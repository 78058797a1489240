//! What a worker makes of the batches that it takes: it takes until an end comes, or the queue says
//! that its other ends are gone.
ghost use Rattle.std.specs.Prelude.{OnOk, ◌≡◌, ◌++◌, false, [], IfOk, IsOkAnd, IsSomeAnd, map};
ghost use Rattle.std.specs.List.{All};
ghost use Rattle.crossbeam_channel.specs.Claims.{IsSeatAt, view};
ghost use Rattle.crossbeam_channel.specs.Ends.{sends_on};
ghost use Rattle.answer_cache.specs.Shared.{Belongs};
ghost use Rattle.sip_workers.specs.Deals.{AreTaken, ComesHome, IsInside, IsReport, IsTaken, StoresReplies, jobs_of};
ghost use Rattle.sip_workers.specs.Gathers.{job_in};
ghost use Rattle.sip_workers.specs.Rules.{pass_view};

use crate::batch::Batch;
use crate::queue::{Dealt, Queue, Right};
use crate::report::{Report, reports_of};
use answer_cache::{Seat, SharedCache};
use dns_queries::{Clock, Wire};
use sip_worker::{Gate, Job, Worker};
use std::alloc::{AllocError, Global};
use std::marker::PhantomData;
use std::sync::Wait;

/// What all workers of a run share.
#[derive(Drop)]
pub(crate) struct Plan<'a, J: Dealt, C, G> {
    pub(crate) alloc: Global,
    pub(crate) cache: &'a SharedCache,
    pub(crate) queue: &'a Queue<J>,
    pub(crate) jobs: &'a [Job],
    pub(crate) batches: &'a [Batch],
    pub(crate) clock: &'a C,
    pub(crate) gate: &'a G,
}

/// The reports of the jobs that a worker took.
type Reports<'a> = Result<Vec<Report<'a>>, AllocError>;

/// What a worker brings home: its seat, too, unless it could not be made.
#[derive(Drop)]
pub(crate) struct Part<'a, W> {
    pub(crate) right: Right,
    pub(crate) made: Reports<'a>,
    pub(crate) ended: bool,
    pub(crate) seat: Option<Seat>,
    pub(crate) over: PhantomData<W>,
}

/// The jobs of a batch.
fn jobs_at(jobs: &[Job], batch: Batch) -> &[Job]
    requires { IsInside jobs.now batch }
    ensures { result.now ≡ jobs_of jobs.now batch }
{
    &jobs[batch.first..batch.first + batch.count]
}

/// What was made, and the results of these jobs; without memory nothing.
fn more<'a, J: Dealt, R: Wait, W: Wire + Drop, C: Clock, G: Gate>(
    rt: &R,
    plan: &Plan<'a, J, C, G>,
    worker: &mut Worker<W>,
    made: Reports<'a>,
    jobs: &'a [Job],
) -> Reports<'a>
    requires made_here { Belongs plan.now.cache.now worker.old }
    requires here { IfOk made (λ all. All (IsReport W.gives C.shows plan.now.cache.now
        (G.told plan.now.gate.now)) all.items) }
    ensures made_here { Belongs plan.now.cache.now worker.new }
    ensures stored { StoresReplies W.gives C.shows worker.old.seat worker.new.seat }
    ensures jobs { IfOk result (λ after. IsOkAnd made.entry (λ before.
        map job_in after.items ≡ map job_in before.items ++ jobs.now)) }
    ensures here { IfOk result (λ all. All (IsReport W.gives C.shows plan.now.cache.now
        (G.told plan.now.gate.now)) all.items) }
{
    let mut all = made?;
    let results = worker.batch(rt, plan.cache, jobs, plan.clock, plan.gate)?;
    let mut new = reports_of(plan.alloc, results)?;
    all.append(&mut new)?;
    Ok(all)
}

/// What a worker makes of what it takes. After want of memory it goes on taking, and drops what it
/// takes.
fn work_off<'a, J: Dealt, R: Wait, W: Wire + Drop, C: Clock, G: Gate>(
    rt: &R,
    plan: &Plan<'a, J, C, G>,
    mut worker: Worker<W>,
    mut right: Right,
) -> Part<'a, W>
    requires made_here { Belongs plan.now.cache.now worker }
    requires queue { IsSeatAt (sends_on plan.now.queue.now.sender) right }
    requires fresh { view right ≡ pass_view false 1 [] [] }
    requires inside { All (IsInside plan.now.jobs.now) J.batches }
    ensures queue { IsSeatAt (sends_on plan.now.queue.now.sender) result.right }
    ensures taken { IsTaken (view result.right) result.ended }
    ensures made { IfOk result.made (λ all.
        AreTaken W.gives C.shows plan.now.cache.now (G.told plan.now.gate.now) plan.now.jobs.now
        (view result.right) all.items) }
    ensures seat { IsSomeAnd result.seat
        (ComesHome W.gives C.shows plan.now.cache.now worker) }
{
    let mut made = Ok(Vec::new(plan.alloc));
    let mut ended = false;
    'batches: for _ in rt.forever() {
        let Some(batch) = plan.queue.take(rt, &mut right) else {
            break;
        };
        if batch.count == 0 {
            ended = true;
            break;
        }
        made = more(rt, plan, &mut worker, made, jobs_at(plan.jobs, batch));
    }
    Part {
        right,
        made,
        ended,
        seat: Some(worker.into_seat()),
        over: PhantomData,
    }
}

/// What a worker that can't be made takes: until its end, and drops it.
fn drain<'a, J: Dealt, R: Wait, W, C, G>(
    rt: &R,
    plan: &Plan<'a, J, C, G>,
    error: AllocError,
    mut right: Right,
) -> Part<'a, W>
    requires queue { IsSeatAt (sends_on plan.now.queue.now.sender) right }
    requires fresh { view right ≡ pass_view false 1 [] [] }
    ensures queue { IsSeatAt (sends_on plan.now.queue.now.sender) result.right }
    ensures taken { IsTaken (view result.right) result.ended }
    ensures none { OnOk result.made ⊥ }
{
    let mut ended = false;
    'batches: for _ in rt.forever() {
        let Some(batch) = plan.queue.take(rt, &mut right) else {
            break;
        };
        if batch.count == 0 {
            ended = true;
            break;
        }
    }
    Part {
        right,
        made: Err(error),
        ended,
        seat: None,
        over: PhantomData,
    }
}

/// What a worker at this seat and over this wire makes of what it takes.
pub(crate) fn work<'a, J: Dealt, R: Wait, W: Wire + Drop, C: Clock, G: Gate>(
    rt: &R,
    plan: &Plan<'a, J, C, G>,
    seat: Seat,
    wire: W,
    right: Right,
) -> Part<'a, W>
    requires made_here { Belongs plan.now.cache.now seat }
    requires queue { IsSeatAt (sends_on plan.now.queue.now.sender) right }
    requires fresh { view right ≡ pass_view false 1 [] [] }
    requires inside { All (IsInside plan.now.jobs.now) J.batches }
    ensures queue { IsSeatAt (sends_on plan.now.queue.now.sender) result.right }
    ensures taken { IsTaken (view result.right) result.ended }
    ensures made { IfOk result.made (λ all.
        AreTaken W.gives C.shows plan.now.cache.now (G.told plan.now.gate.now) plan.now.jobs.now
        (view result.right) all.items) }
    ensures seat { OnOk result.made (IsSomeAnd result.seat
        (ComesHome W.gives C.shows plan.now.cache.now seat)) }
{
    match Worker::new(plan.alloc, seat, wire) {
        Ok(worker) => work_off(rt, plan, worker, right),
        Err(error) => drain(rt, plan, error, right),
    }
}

━━━━

» Work required
Pull every line holding "that" out of the records.

» Exercise solution
//! What a worker makes of the batches that it takes: it takes until an end comes, or the queue says
//! that its other ends are gone.
/// The reports of the jobs that a worker took.
/// What a worker that can't be made takes: until its end, and drops it.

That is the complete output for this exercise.